*** Opening of Records ***
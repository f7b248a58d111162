//! The files of flat programs.

ghost use Rattle.std.specs.Prelude.{◌≡◌};
ghost use Rattle.frames_code.specs.Code.{program_of};
ghost use Rattle.frames_code.specs.Sound.{IsSoundProgram};

use crate::flat_reader::flat_program;
use crate::running::{Built, show_file, show_name, show_run, show_took};
use asm::assemble;
use elf_out::{Image, StackSize, write_elf};
use frames_code::FlatProgram;
use memory_map::TEXT_START;
use select::select;
use std::alloc::Global;
use test_frames_soundness::is_sound;
use test_rows::{Answer, Fields};

/// The bytes of the text.
fn text_of(alloc: Global, program: &FlatProgram) -> Result<Vec<u8>, &'static str>
    requires { IsSoundProgram (program_of program.now) }
{
    let Ok(items) = select(alloc, program) else {
        return Err("not selected");
    };
    if !items.is_low(TEXT_START) {
        return Err("too many items");
    }
    match assemble(alloc, &items, TEXT_START) {
        Ok(text) => Ok(text),
        Err(_) => Err("a jump is too far"),
    }
}

/// The bytes of main's frame: the temporaries from the ninth on, a word for a byte, the words, the arrays, the address to return to.
fn main_frame(program: &FlatProgram) -> usize {
    let Some(main) = program.functions.get(program.main) else {
        return 0;
    };
    let words = main.outgoing.saturating_add(main.cells).saturating_add(2);
    let bytes = words.saturating_mul(4).saturating_add(main.area);
    (bytes.saturating_add(15) / 16).saturating_mul(16)
}

fn file_of(alloc: Global, text: Vec<u8>, statics: &[u8]) -> Result<Vec<u8>, &'static str> {
    let Ok(statics) = statics.to_vec(alloc) else {
        return Err("no memory");
    };
    let Some(image) = Image::new(text, statics, StackSize::usual()) else {
        return Err("too large");
    };
    match write_elf(alloc, &image) {
        Ok(file) => Ok(file),
        Err(_) => Err("no memory"),
    }
}

/// The file of a flat program that is sound.
pub fn build(alloc: Global, program: &FlatProgram) -> Result<Built, &'static str> {
    if !is_sound(program) {
        return Err("not sound");
    }
    let text = match text_of(alloc, program) {
        Ok(text) => text,
        Err(why) => return Err(why),
    };
    let size = text.len();
    match file_of(alloc, text, program.statics.as_slice()) {
        Ok(file) => Ok(Built {
            file,
            text: size,
            frame: main_frame(program),
        }),
        Err(why) => Err(why),
    }
}

/// `flat NAME INPUT COSTS 0 MAIN LINE LINE ..`: how the program of these lines ends, the bytes that it got and put, or why it does not run so.
pub fn run_flat(row: &Fields, answer: &mut Answer) {
    show_name(row, answer);
    let program = flat_program(row, answer);
    match build(answer.alloc(), &program) {
        Ok(built) => show_run(&built, false, row, answer),
        Err(why) => answer.write(why.as_bytes()),
    }
}

/// `flat_took` with the same: how many instructions it takes, the most by its costs, and the bytes of its text.
pub fn take_flat(row: &Fields, answer: &mut Answer) {
    show_name(row, answer);
    let program = flat_program(row, answer);
    match build(answer.alloc(), &program) {
        Ok(built) => show_took(&built, false, row, answer),
        Err(why) => answer.write(why.as_bytes()),
    }
}

/// `flat_file` with the same: its file.
pub fn write_flat(row: &Fields, answer: &mut Answer) {
    let program = flat_program(row, answer);
    match build(answer.alloc(), &program) {
        Ok(built) => show_file(built.file.as_slice(), answer),
        Err(why) => answer.write(why.as_bytes()),
    }
}

/// `flat_times` with the same, where the costs are a number of times: makes the text that number of times, and prints how many flat instructions it has.
pub fn repeat_flat(row: &Fields, answer: &mut Answer) {
    let program = flat_program(row, answer);
    if !is_sound(&program) {
        answer.write(b"not sound");
        return;
    }
    let mut made: i64 = 0;
    for _ in 0..row.number(3) {
        if text_of(answer.alloc(), &program).is_ok() {
            made = made.saturating_add(1);
        }
    }
    let mut count: usize = 0;
    for function in &program.functions {
        count = count.saturating_add(function.code.len());
    }
    answer.show(&count);
    answer.write(b" flat instructions, ");
    answer.show(&made);
    answer.write(b" times");
}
*** Close of Records ***
◆ Problem details
Return what is listed above, exactly and completely.

◆ Response below
repository f7b248a58d111162
//! The files of flat programs.

ghost use Rattle.std.specs.Prelude.{◌≡◌};
ghost use Rattle.frames_code.specs.Code.{program_of};
ghost use Rattle.frames_code.specs.Sound.{IsSoundProgram};

use crate::flat_reader::flat_program;
use crate::running::{Built, show_file, show_name, show_run, show_took};
use asm::assemble;
use elf_out::{Image, StackSize, write_elf};
use frames_code::FlatProgram;
use memory_map::TEXT_START;
use select::select;
use std::alloc::Global;
use test_frames_soundness::is_sound;
use test_rows::{Answer, Fields};

/// The bytes of the text.
fn text_of(alloc: Global, program: &FlatProgram) -> Result<Vec<u8>, &'static str>
    requires { IsSoundProgram (program_of program.now) }
{
    let Ok(items) = select(alloc, program) else {
        return Err("not selected");
    };
    if !items.is_low(TEXT_START) {
        return Err("too many items");
    }
    match assemble(alloc, &items, TEXT_START) {
        Ok(text) => Ok(text),
        Err(_) => Err("a jump is too far"),
    }
}

/// The bytes of main's frame: the temporaries from the ninth on, a word for a byte, the words, the arrays, the address to return to.
fn main_frame(program: &FlatProgram) -> usize {
    let Some(main) = program.functions.get(program.main) else {
        return 0;
    };
    let words = main.outgoing.saturating_add(main.cells).saturating_add(2);
    let bytes = words.saturating_mul(4).saturating_add(main.area);
    (bytes.saturating_add(15) / 16).saturating_mul(16)
}

fn file_of(alloc: Global, text: Vec<u8>, statics: &[u8]) -> Result<Vec<u8>, &'static str> {
    let Ok(statics) = statics.to_vec(alloc) else {
        return Err("no memory");
    };
    let Some(image) = Image::new(text, statics, StackSize::usual()) else {
        return Err("too large");
    };
    match write_elf(alloc, &image) {
        Ok(file) => Ok(file),
        Err(_) => Err("no memory"),
    }
}

/// The file of a flat program that is sound.
pub fn build(alloc: Global, program: &FlatProgram) -> Result<Built, &'static str> {
    if !is_sound(program) {
        return Err("not sound");
    }
    let text = match text_of(alloc, program) {
        Ok(text) => text,
        Err(why) => return Err(why),
    };
    let size = text.len();
    match file_of(alloc, text, program.statics.as_slice()) {
        Ok(file) => Ok(Built {
            file,
            text: size,
            frame: main_frame(program),
        }),
        Err(why) => Err(why),
    }
}

/// `flat NAME INPUT COSTS 0 MAIN LINE LINE ..`: how the program of these lines ends, the bytes that it got and put, or why it does not run so.
pub fn run_flat(row: &Fields, answer: &mut Answer) {
    show_name(row, answer);
    let program = flat_program(row, answer);
    match build(answer.alloc(), &program) {
        Ok(built) => show_run(&built, false, row, answer),
        Err(why) => answer.write(why.as_bytes()),
    }
}

/// `flat_took` with the same: how many instructions it takes, the most by its costs, and the bytes of its text.
pub fn take_flat(row: &Fields, answer: &mut Answer) {
    show_name(row, answer);
    let program = flat_program(row, answer);
    match build(answer.alloc(), &program) {
        Ok(built) => show_took(&built, false, row, answer),
        Err(why) => answer.write(why.as_bytes()),
    }
}

/// `flat_file` with the same: its file.
pub fn write_flat(row: &Fields, answer: &mut Answer) {
    let program = flat_program(row, answer);
    match build(answer.alloc(), &program) {
        Ok(built) => show_file(built.file.as_slice(), answer),
        Err(why) => answer.write(why.as_bytes()),
    }
}

/// `flat_times` with the same, where the costs are a number of times: makes the text that number of times, and prints how many flat instructions it has.
pub fn repeat_flat(row: &Fields, answer: &mut Answer) {
    let program = flat_program(row, answer);
    if !is_sound(&program) {
        answer.write(b"not sound");
        return;
    }
    let mut made: i64 = 0;
    for _ in 0..row.number(3) {
        if text_of(answer.alloc(), &program).is_ok() {
            made = made.saturating_add(1);
        }
    }
    let mut count: usize = 0;
    for function in &program.functions {
        count = count.saturating_add(function.code.len());
    }
    answer.show(&count);
    answer.write(b" flat instructions, ");
    answer.show(&made);
    answer.write(b" times");
}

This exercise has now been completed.